Someone very important in my life recently asked if I had had that "whew" (make gesture of wiping my brow) moment as far as all this is concerned yet, and the answer is, "Yes, I have." The phrase "dodging a bullet" has also been used. We weren't right, we both had our faults, and we both made our mistakes. We did not need to be together. I can say that now with all honesty, THANK GOD! Do I wish things had been handled in a much more responsible and mature manner? YES!!! Will we ever have that, "we eventually became friends," moment? NO, not only NO, HELL NO!!! There is too much water under the bridge for me as I am sure there is for the other party too. With all of this said, I leave the blogosphere with these Sugarland lyrics as my words of parting:
Tuesday, February 23, 2010
Un: When did I move back to Colorado because this weather is definitely messing with my head?
Deux: Why can I say things literally what feels like a million times, yet it doesn't register with certain individuals of the teenage persuasion whom I encounter daily?
Trois: Why are some people so passive aggressive to the point it actually becomes a source of humor in my life, not frustration as it should, to see the lengths to which they will take this behavior when it is really not necessary at all?

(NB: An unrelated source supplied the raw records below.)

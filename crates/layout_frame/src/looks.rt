// How trains look.

use state_core::Keeper;

/// The colour of a train; and if it is red and hasn't arrived, what it waits for.
#[derive(Clone, Copy)]
pub struct Look {
    pub colour: &'static str,
    pub waits_for: Option<Keeper>,
}

/// How a train looks; one that isn't in the list has no colour.
pub(crate) fn look_of(looks: &[Look], train: u32) -> Look {
    match looks.get(train as usize) {
        Some(look) => *look,
        None => Look {
            colour: "",
            waits_for: None,
        },
    }
}
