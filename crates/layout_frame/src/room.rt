// Room for words: what is taken already, as areas and as lines.

use crate::bows::side_of;
use crate::frame::shifted;
use std::alloc::{AllocError, Global};
use svg_text::Spot;

/// An area between its upper corner on the left and its lower one on the right.
#[derive(Clone, Copy)]
pub(crate) struct Area {
    pub(crate) first: Spot,
    pub(crate) last: Spot,
}

impl Area {
    // Whether two areas have a place in common.
    fn meets(&self, other: &Area) -> bool {
        self.first.x < other.last.x
            && other.first.x < self.last.x
            && self.first.y < other.last.y
            && other.first.y < self.last.y
    }
}

// A straight line.
#[derive(Clone, Copy)]
struct Line {
    from: Spot,
    to: Spot,
}

impl Line {
    // The smallest area that it is in, and a little more.
    fn bounds(&self) -> Area {
        let first = Spot {
            x: self.from.x.min(self.to.x),
            y: self.from.y.min(self.to.y),
        };
        let last = Spot {
            x: self.from.x.max(self.to.x),
            y: self.from.y.max(self.to.y),
        };
        Area {
            first: shifted(first, -2, -2),
            last: shifted(last, 2, 2),
        }
    }

    fn side(&self, x: u64, y: u64) -> i64 {
        side_of(self.from, self.to, x, y)
    }

    // Whether an area has corners on both of its sides.
    fn divides(&self, area: &Area) -> bool {
        let a = self.side(area.first.x, area.first.y);
        let b = self.side(area.last.x, area.first.y);
        let c = self.side(area.first.x, area.last.y);
        let d = self.side(area.last.x, area.last.y);
        a.min(b).min(c).min(d) <= 0 && 0 <= a.max(b).max(c).max(d)
    }

    // Whether it goes through an area.
    fn meets(&self, area: &Area) -> bool {
        self.bounds().meets(area) && self.divides(area)
    }
}

/// What is taken.
#[derive(Drop)]
pub(crate) struct Room {
    areas: Vec<Area>,
    lines: Vec<Line>,
}

impl Room {
    /// Room of which nothing is taken.
    pub(crate) fn new(alloc: Global) -> Room {
        Room {
            areas: Vec::new(alloc),
            lines: Vec::new(alloc),
        }
    }

    /// Takes an area.
    pub(crate) fn push_area(&mut self, area: Area) -> Result<(), AllocError> {
        Ok(self.areas.push(area)?)
    }

    /// Takes a line.
    pub(crate) fn push_line(&mut self, from: Spot, to: Spot) -> Result<(), AllocError> {
        Ok(self.lines.push(Line { from, to })?)
    }

    // Whether an area keeps clear of the areas that are taken.
    fn is_clear_of_areas(&self, area: &Area) -> bool {
        for other in &self.areas {
            if other.meets(area) {
                return false;
            }
        }
        true
    }

    // Whether an area keeps clear of the lines that are taken.
    fn is_clear_of_lines(&self, area: &Area) -> bool {
        for line in &self.lines {
            if line.meets(area) {
                return false;
            }
        }
        true
    }

    /// Whether an area is free.
    pub(crate) fn is_free(&self, area: &Area) -> bool {
        self.is_clear_of_areas(area) && self.is_clear_of_lines(area)
    }
}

Ponder or respond if you so choose. I hope this post finds all well in your worlds!
Over and out: Cat
Monday, February 22, 2010
I got a heads up from a former student that my blog needed an update, and yes, it does. The last time I posted something here I was looking forward to the promise of a future with someone who recently decided he didn't want that future anymore. Now, it's time to focus on me, and I can't tell you how excited I am about that. I feel as if a huge weight has been lifted from my shoulders, and as much as I ride the emotional roller coaster these days, the ride has already become an exciting learning process.

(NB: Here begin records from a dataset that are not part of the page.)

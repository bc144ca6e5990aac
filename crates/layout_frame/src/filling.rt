// All points of a layout in the grid: those of the longest route first, then those of routes that begin at placed
// points, then those that links alone lead to, and the others last.

use crate::cells::{Cell, Cells};
use crate::placing::{cell_below, cell_of, free_cell, is_begun, place_route};
use crate::spine::place_spine;
use rail_model::{Layout, Link, Mission, Table, points_of};

// Places the routes that have a point that is placed.
fn place_begun(cells: &mut Cells, missions: &[Mission]) {
    for mission in missions {
        if is_begun(cells, mission.as_slice()) {
            place_route(cells, mission.as_slice());
        }
    }
}

// Places the first route that has no point that is placed.
fn place_unbegun(cells: &mut Cells, missions: &[Mission]) {
    for mission in missions {
        if !is_begun(cells, mission.as_slice()) {
            return place_route(cells, mission.as_slice());
        }
    }
}

// Places the routes that lead on from what is placed, one after the other.
fn place_joined(cells: &mut Cells, missions: &[Mission]) {
    for _ in missions {
        place_begun(cells, missions);
    }
}

// Places all routes.
fn place_routes(cells: &mut Cells, missions: &[Mission]) {
    for _ in missions {
        place_joined(cells, missions);
        place_unbegun(cells, missions);
    }
}

// The point that a link joins with another one.
fn other_end(link: &Link, point: u32) -> Option<u32> {
    if link.first() == point {
        Some(link.second())
    } else if link.second() == point {
        Some(link.first())
    } else {
        None
    }
}

// Whether a point is linked only with points to its right, of those that are placed.
fn is_left_end(cells: &Cells, layout: &Layout, point: u32, column: u32) -> bool {
    let mut right = false;
    for link in layout.links() {
        if let Some(cell) = cell_of(cells, other_end(link, point)) {
            if cell.column < column {
                return false;
            }
            right = right || column < cell.column;
        }
    }
    right
}

// Places a point beside one that it is linked with.
fn place_beside(cells: &mut Cells, layout: &Layout, point: u32, neighbour: u32, cell: Cell) {
    let column = if is_left_end(cells, layout, neighbour, cell.column) {
        cell.column.saturating_sub(1)
    } else {
        cell.column.saturating_add(1)
    };
    let free = free_cell(cells, Cell::new(column, cell.row));
    cells.put(point, free);
}

// Places a point of a link beside the other one, if just that one is placed; says whether it did.
fn place_end(cells: &mut Cells, layout: &Layout, link: &Link) -> bool {
    let first = link.first();
    let second = link.second();
    match (cells.at(first), cells.at(second)) {
        (Some(cell), None) => place_beside(cells, layout, second, first, cell),
        (None, Some(cell)) => place_beside(cells, layout, first, second, cell),
        _ => return false,
    }
    true
}

// Places points that are linked with placed ones; says whether there were some.
fn place_linked(cells: &mut Cells, layout: &Layout) -> bool {
    let mut some = false;
    for link in layout.links() {
        some = place_end(cells, layout, link) || some;
    }
    some
}

// Places points for as long as links lead to others.
fn place_reached(cells: &mut Cells, layout: &Layout) {
    for _ in 0..points_of(layout) {
        if !place_linked(cells, layout) {
            return;
        }
    }
}

// The next cell of a row, or the first of the next row.
fn cell_after(cells: &Cells, cell: Cell) -> Cell {
    match cells.edges() {
        Some(edges) if cell.column < edges.last.column => {
            Cell::new(cell.column.saturating_add(1), cell.row)
        }
        _ => cell_below(cells),
    }
}

// Whether a point has a link.
fn is_linked(layout: &Layout, point: u32) -> bool {
    for link in layout.links() {
        if other_end(link, point).is_some() {
            return true;
        }
    }
    false
}

// Places the points that nothing leads to, with those that they lead to.
fn place_apart(cells: &mut Cells, layout: &Layout) {
    let mut next = cell_below(cells);
    for point in 0..points_of(layout) {
        if cells.at(point).is_none() {
            let cell = free_cell(cells, next);
            cells.put(point, cell);
            place_reached(cells, layout);
            next = if is_linked(layout, point) {
                cell_below(cells)
            } else {
                cell_after(cells, cell)
            };
        }
    }
}

/// Places all points of a layout.
pub(crate) fn place_all(layout: &Layout, table: &Table) -> Cells {
    let missions = table.missions().as_slice();
    let mut cells = Cells::new(points_of(layout));
    place_spine(&mut cells, layout, missions);
    place_routes(&mut cells, missions);
    place_reached(&mut cells, layout);
    place_apart(&mut cells, layout);
    cells
}
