// How areas are told apart: a law of the definitions, with no code.
ghost use Rattle.layout_frame.specs.Looks.{AreasLookDifferent};

/// Up to the 32nd section, no two sections have both the same colour and the same stripes.
pub fn areas_look_different()
    ensures { AreasLookDifferent }
{}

I can tell you that I learned the true meaning of family and friendship throughout this whole ordeal. I have amazing people who continue to stand by me and help me find strength I never knew I had. When you have people in your life that will let you cry, let you scream, let you vent (and help out a little with that too...you know who you are peeps), and make you laugh through the tears, you have some amazing people in your life. Although this has been ONE of the toughest times in my life, I can't give it the distinction of being the toughest, and I know the character building and the changes that have already begun to occur are going to make this ride called life so much sweeter in the present and so much more exciting in the future! Therefore, whenever you get a chance, wherever you are, and however you are a part of my life, raise your glasses in celebration of the sweetness that is today and the promise and excitement that the future holds for all of us!!!